Ein zusätzliches Problem ist der
fehlende Notausgang. Seit mindestens 500 Jahren währt ein Streit zwischen
den Konfessionen, die sich die Grabeskirche teilen, also
Griechisch-Orthodoxe, Katholiken, Armenier, Kopten und Äthiopier, über den
Bau eines Notausgangs in dem Gebäude. Bis heute konnte keine Lösung gefunden
werden und wird wohl bis zum nächsten Millennium auch nicht mehr gefunden,
sodass die Kirche lediglich einen Zugang hat, der zudem noch auf einen engen
Hof führt. Sollte ein Feuer oder eine Panik ausbrechen, »trampeln sich die
Leute da tot«, fürchtet Dor. Überhaupt sei völlig unklar, wie die Altstadt
und andere Ziele des Millenniums-Tourismus, z.B. Nazareth und Beth-Lehem,
solche Menschenmassen verkraften sollen.
Eine Zeitungskommentatorin bezweifelt
grundsätzlich, ob sich die zuständigen palästinensischen und israelischen
Behörden ernsthaft mit dieser Frage beschäftigt haben. Zwar scheint in
Jesus' Geburtsort die halbe Bevölkerung ununterbrochen zu mauern, zu pinseln
und zu putzen, während Jungs, die so aussehen, als wäre vor einigen Jahren
noch die Intensivierung der Intifada ihre Hauptbeschäftigung gewesen, vor
der Geburtskiche manierlich Steinplatten verlegen. Aber schon bei der
Zufahrt nach Bethlehem hapert es.
An der israelisch-palästinensischen
»Grenze« kommen die Bauarbeiten, die offensichtlich unter dem Motto: »Unser
Checkpoint soll schöner werden« stehen, nicht so recht voran. In Ha'aretz
wurde deshalb schon der Verdacht ausgesprochen, dass die bisherige
Bauleistung der Israelis - eine einspurige staubige Behelfs-Piste, über die
sich der Verkehr momentan quält - wohl zum millenniaren Dauerzustand werde.
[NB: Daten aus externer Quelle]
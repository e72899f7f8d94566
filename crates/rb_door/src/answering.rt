//! What a caller is given for what was heard.
ghost use Rattle.rb_reply.specs.Errors.{Reply, lost_reply, memory_reply, printed, wire_reply};
ghost use Rattle.rb_api.specs.Replies.{IsNoTask, refused_reply, reply_to};
ghost use Rattle.rb_causes.specs.Causes.{Rose};
ghost use Rattle.rb_door.specs.Answering.{IsGiven, IsReplyMade, IsRequestMet, ended_given};
ghost use Rattle.rb_door.specs.Exchanges.{MayReply};
ghost use Rattle.rb_door.specs.Standing.{GoesOn};
ghost use Rattle.rb_log.specs.Rows.{is_clean_caller};
ghost use Rattle.rb_wire.specs.Responses.{is_status, response_text};
ghost use Rattle.std.specs.List.{list_all};
ghost use Rattle.std.specs.Prelude.{◌≡◌, ◌≤◌, ◌⊎◌, IsTrue, None, true};

use rb_api::laws::{
    answers_are_told, calls_are_the_callers, calls_may_be_asked, statuses_are_served,
};
use rb_api::{
    ApiRouter, Ended, RequestFault, Response, Token, asked, lost, memory_wanting, refused,
    reply_to, store_failed,
};
use rb_causes::{Clock, Line, NoMemory, Trouble};
use rb_log::{Answer, Clerk};
use rb_wire::{Request, WireFault, write_response};
use std::alloc::Global;

/// Makes the desk call of a request, if it makes one, and gives the caller the reply.
pub(crate) fn answer_request<C: Clerk, L: Line, T: Clock>(
    alloc: Global,
    clerk: &mut C,
    line: &mut L,
    clock: &T,
    router: &ApiRouter,
    tokens: &[Token],
    request: &Request,
) -> Ended
    requires { list_all (λ t. is_clean_caller t.caller) tokens.now ≡ true }
    ensures met { IsRequestMet (T.may_be clock.now) tokens.now request.now
        (record { clerk = C.told clerk.old; callers = L.callers line.old })
        (record { clerk = C.told clerk.new; callers = L.callers line.new }) result }
    ensures goes { GoesOn (C.told clerk.old) (C.told clerk.new) }
    ensures cause { result ≡ Ended.LineFault → Rose (L.faults line.old) (L.faults line.new) }
    ensures later { L.faults line.old ≤ L.faults line.new }
{
    statuses_are_served();
    calls_are_the_callers();
    let response = response_to(alloc, clerk, clock, router, tokens, request);
    give(
        line,
        response.status,
        response.body.as_slice(),
        request.close,
    )
}

/// The reply to a request, with its desk call made.
fn response_to<C: Clerk, T: Clock>(
    alloc: Global,
    clerk: &mut C,
    clock: &T,
    router: &ApiRouter,
    tokens: &[Token],
    request: &Request,
) -> Response
    requires { list_all (λ t. is_clean_caller t.caller) tokens.now ≡ true }
    ensures { IsReplyMade (T.may_be clock.now) tokens.now request.now
        (C.told clerk.old) (C.told clerk.new) result }
{
    answers_are_told();
    calls_are_the_callers();
    calls_may_be_asked();
    let at = clock.now();
    match asked(alloc, router, tokens, request, at) {
        Ok(Ok(call)) => reply_or_lost(alloc, router, request, clerk.act(call)),
        Ok(Err(fault)) => refusal(alloc, router, request, fault),
        Err(NoMemory) => memory_wanting(),
    }
}

/// The reply to a request that asks nothing of the desk.
fn refusal(alloc: Global, router: &ApiRouter, request: &Request, fault: RequestFault) -> Response
    ensures { (result ≡ printed (refused_reply request.now fault))
        ⊎ (result ≡ printed memory_reply) }
{
    match refused(alloc, router, request, fault) {
        Ok(response) => response,
        Err(NoMemory) => memory_wanting(),
    }
}

/// The reply to what the desk answered. A store fault and want of memory have replies that take
/// none; where memory is wanting for another, that is told.
fn reply_or_lost(alloc: Global, router: &ApiRouter, request: &Request, answer: Answer) -> Response
    requires { IsNoTask answer }
    ensures { (reply : Reply) × MayReply request.now answer reply × (result ≡ printed reply) }
{
    match answer {
        Answer::StoreFault => store_failed(),
        Answer::NoMemory => memory_wanting(),
        answer => printed_or_lost(alloc, router, request, answer),
    }
}

/// The reply that the rules have for an answer, or that memory is wanting for it.
fn printed_or_lost(alloc: Global, router: &ApiRouter, request: &Request, answer: Answer) -> Response
    requires { IsNoTask answer }
    ensures { (result ≡ printed (reply_to request.now answer)) ⊎ (result ≡ printed lost_reply) }
{
    match reply_to(alloc, router, request, answer) {
        Ok(response) => response,
        Err(NoMemory) => lost(),
    }
}

/// The status of the reply to bytes that are no request.
fn fault_status(fault: WireFault) -> u16
    ensures { result ≡ (wire_reply fault).status }
{
    match fault {
        WireFault::BadHead => 400,
        WireFault::TransferEncoding => 501,
        WireFault::BadLength => 400,
        WireFault::TooLong => 413,
        WireFault::Cut => 400,
    }
}

/// The body of that reply, which takes no memory.
fn fault_body(fault: WireFault) -> &'static [u8]
    ensures { result.now ≡ (printed (wire_reply fault)).body }
{
    match fault {
        WireFault::BadHead => {
            b"{\"apiversion\":34,\"error\":true,\"errorCode\":\"bad-head\",\"message\":\"request head not read\"}".as_slice()
        }
        WireFault::TransferEncoding => {
            b"{\"apiversion\":34,\"error\":true,\"errorCode\":\"transfer-encoding\",\"message\":\"transfer encoding not read\"}".as_slice()
        }
        WireFault::BadLength => {
            b"{\"apiversion\":34,\"error\":true,\"errorCode\":\"bad-length\",\"message\":\"content length not read\"}".as_slice()
        }
        WireFault::TooLong => {
            b"{\"apiversion\":34,\"error\":true,\"errorCode\":\"too-long\",\"message\":\"body too long\"}".as_slice()
        }
        WireFault::Cut => {
            b"{\"apiversion\":34,\"error\":true,\"errorCode\":\"cut\",\"message\":\"body cut\"}".as_slice()
        }
    }
}

/// Gives the caller whose bytes are no request the last word.
pub(crate) fn give_fault<L: Line>(line: &mut L, fault: WireFault) -> Ended
    ensures given { IsGiven (response_text (wire_reply fault).status
        (printed (wire_reply fault)).body true) true
        (L.callers line.old) (L.callers line.new) result }
    ensures cause { result ≡ Ended.LineFault → Rose (L.faults line.old) (L.faults line.new) }
    ensures later { L.faults line.old ≤ L.faults line.new }
{
    statuses_are_served();
    give(line, fault_status(fault), fault_body(fault), true)
}

/// Gives the caller for whose request there is no memory the last word.
pub(crate) fn give_wanting<L: Line>(line: &mut L) -> Ended
    ensures given { IsGiven (response_text memory_reply.status (printed memory_reply).body true)
        true (L.callers line.old) (L.callers line.new) result }
    ensures cause { result ≡ Ended.LineFault → Rose (L.faults line.old) (L.faults line.new) }
    ensures later { L.faults line.old ≤ L.faults line.new }
{
    let response = memory_wanting();
    give(line, response.status, response.body.as_slice(), true)
}

/// Gives the caller a reply, and says how the exchange ended by that.
fn give<L: Line>(line: &mut L, status: u16, body: &[u8], close: bool) -> Ended
    requires { IsTrue (is_status status) }
    ensures given { IsGiven (response_text status body.now close) close
        (L.callers line.old) (L.callers line.new) result }
    ensures cause { result ≡ Ended.LineFault → Rose (L.faults line.old) (L.faults line.new) }
    ensures later { L.faults line.old ≤ L.faults line.new }
{
    match write_response(line, status, body, close) {
        Ok(()) => ended_written(close),
        Err(Trouble::Failed) => Ended::LineFault,
        Err(Trouble::NoMemory) => Ended::NoMemory,
    }
}

/// How an exchange ended whose reply was written.
fn ended_written(close: bool) -> Ended
    ensures { result ≡ ended_given None close }
{
    if close { Ended::Done } else { Ended::More }
}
Da in Nazareth schon an für die Christenheit nicht weiter bedeutenden Tagen
ein unvorstellbares Verkehrschaos herrscht und man in der Regel eine halbe
Stunde Stau einrechnen sollte, um in die Innenstadt zu gelangen, ist völlig
unklar, ob und wie Hunderttausende eigentlich das Ziel ihrer Wallfahrt
erreichen wollen. Aber das sind Probleme, über die man angesichts so
heiliger Tage besser nicht nachdenkt.